Saved entries
[Start of section]

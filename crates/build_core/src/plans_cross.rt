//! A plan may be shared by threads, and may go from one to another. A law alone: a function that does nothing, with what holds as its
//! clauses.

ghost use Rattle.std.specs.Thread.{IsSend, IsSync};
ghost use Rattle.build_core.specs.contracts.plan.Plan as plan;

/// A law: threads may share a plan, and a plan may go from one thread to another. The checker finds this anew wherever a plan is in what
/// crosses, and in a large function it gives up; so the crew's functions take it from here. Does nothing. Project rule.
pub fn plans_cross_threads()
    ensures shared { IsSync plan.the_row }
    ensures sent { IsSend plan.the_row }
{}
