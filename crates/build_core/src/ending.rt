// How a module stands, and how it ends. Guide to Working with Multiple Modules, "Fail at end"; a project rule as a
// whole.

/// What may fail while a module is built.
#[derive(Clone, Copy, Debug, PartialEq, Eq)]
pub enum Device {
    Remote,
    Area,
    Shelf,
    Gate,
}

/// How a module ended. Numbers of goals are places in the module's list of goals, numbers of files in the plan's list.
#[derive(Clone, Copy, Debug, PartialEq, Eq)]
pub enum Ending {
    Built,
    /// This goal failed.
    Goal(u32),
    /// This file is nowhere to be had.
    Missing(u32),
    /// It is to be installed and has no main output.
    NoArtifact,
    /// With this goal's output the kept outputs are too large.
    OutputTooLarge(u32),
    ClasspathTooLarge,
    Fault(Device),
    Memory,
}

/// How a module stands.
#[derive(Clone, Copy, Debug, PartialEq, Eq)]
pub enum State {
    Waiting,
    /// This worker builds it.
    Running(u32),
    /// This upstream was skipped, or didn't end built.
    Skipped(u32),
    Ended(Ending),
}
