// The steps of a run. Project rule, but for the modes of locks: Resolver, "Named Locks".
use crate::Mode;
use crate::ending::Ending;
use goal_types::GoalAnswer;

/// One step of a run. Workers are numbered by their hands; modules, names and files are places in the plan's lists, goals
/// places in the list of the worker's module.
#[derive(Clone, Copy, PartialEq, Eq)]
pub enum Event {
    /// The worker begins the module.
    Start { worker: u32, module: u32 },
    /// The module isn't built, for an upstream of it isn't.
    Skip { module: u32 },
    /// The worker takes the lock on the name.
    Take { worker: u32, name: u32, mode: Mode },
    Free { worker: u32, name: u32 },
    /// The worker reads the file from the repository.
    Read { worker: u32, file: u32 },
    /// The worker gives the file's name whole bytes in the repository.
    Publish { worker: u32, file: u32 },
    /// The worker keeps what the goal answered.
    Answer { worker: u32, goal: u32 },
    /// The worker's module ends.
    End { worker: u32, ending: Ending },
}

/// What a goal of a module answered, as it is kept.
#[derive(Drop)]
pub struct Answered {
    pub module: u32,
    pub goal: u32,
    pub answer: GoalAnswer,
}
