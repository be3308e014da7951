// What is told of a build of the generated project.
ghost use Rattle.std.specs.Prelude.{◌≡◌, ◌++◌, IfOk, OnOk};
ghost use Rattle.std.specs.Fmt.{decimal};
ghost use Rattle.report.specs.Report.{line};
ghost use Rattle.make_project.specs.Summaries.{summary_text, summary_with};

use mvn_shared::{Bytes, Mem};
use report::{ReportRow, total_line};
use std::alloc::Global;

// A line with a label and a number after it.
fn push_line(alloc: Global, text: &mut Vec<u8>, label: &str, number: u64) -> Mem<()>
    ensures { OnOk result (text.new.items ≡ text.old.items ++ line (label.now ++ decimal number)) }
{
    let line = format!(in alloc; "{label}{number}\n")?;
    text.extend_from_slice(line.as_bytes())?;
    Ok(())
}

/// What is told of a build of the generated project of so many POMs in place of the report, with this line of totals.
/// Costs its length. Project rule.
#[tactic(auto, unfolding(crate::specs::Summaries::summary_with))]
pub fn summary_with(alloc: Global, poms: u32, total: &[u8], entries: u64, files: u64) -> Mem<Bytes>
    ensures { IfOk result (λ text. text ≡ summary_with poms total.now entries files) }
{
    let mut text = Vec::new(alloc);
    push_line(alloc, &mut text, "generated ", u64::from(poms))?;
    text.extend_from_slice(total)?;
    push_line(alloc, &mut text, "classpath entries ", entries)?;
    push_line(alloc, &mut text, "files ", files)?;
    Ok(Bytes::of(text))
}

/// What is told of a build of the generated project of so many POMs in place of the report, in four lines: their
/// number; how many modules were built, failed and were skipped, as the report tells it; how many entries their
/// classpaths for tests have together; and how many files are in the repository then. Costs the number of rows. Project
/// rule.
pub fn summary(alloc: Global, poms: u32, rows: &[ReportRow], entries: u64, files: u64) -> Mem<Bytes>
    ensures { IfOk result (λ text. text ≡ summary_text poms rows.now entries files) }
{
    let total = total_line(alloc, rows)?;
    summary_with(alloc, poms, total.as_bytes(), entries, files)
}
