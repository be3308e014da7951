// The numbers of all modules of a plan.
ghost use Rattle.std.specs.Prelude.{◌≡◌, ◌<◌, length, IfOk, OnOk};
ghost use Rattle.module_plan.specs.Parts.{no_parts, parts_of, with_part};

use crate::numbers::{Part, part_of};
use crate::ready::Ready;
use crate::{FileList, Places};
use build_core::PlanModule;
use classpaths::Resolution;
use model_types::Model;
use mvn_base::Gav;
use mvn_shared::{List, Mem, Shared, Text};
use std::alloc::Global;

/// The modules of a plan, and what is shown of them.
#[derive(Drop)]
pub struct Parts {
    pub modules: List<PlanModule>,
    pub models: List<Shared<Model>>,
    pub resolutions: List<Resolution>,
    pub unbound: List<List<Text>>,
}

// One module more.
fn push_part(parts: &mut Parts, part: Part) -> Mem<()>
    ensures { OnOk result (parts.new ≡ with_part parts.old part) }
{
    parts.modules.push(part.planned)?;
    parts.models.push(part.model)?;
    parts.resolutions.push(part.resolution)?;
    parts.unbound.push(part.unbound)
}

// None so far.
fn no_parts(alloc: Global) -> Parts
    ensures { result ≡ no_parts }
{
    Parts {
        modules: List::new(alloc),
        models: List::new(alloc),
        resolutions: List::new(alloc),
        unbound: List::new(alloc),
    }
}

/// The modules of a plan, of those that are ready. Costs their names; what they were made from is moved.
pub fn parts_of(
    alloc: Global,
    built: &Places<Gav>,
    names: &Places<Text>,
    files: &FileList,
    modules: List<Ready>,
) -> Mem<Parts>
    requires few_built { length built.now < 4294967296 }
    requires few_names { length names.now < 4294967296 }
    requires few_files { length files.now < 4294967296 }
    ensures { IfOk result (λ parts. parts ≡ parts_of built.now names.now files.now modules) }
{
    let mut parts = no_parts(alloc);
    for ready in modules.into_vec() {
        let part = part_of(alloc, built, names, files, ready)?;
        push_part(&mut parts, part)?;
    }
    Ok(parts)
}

[End of section]

_Task to complete:_ From the opening line of the data above through the line that contains "use goal_types::GoalAnswer;", please print each line as it stands and only those lines.

_Exercise solution:_
filename crates/build_core/src/plans_cross.rt
//! A plan may be shared by threads, and may go from one to another. A law alone: a function that does nothing, with what holds as its
//! clauses.

ghost use Rattle.std.specs.Thread.{IsSend, IsSync};
ghost use Rattle.build_core.specs.contracts.plan.Plan as plan;

/// A law: threads may share a plan, and a plan may go from one thread to another. The checker finds this anew wherever a plan is in what
/// crosses, and in a large function it gives up; so the crew's functions take it from here. Does nothing. Project rule.
pub fn plans_cross_threads()
    ensures shared { IsSync plan.the_row }
    ensures sent { IsSend plan.the_row }
{}
filename crates/build_core/src/ending.rt
// How a module stands, and how it ends. Guide to Working with Multiple Modules, "Fail at end"; a project rule as a
// whole.

/// What may fail while a module is built.
#[derive(Clone, Copy, Debug, PartialEq, Eq)]
pub enum Device {
    Remote,
    Area,
    Shelf,
    Gate,
}

/// How a module ended. Numbers of goals are places in the module's list of goals, numbers of files in the plan's list.
#[derive(Clone, Copy, Debug, PartialEq, Eq)]
pub enum Ending {
    Built,
    /// This goal failed.
    Goal(u32),
    /// This file is nowhere to be had.
    Missing(u32),
    /// It is to be installed and has no main output.
    NoArtifact,
    /// With this goal's output the kept outputs are too large.
    OutputTooLarge(u32),
    ClasspathTooLarge,
    Fault(Device),
    Memory,
}

/// How a module stands.
#[derive(Clone, Copy, Debug, PartialEq, Eq)]
pub enum State {
    Waiting,
    /// This worker builds it.
    Running(u32),
    /// This upstream was skipped, or didn't end built.
    Skipped(u32),
    Ended(Ending),
}
// The steps of a run. Project rule, but for the modes of locks: Resolver, "Named Locks".
use crate::Mode;
use crate::ending::Ending;
use goal_types::GoalAnswer;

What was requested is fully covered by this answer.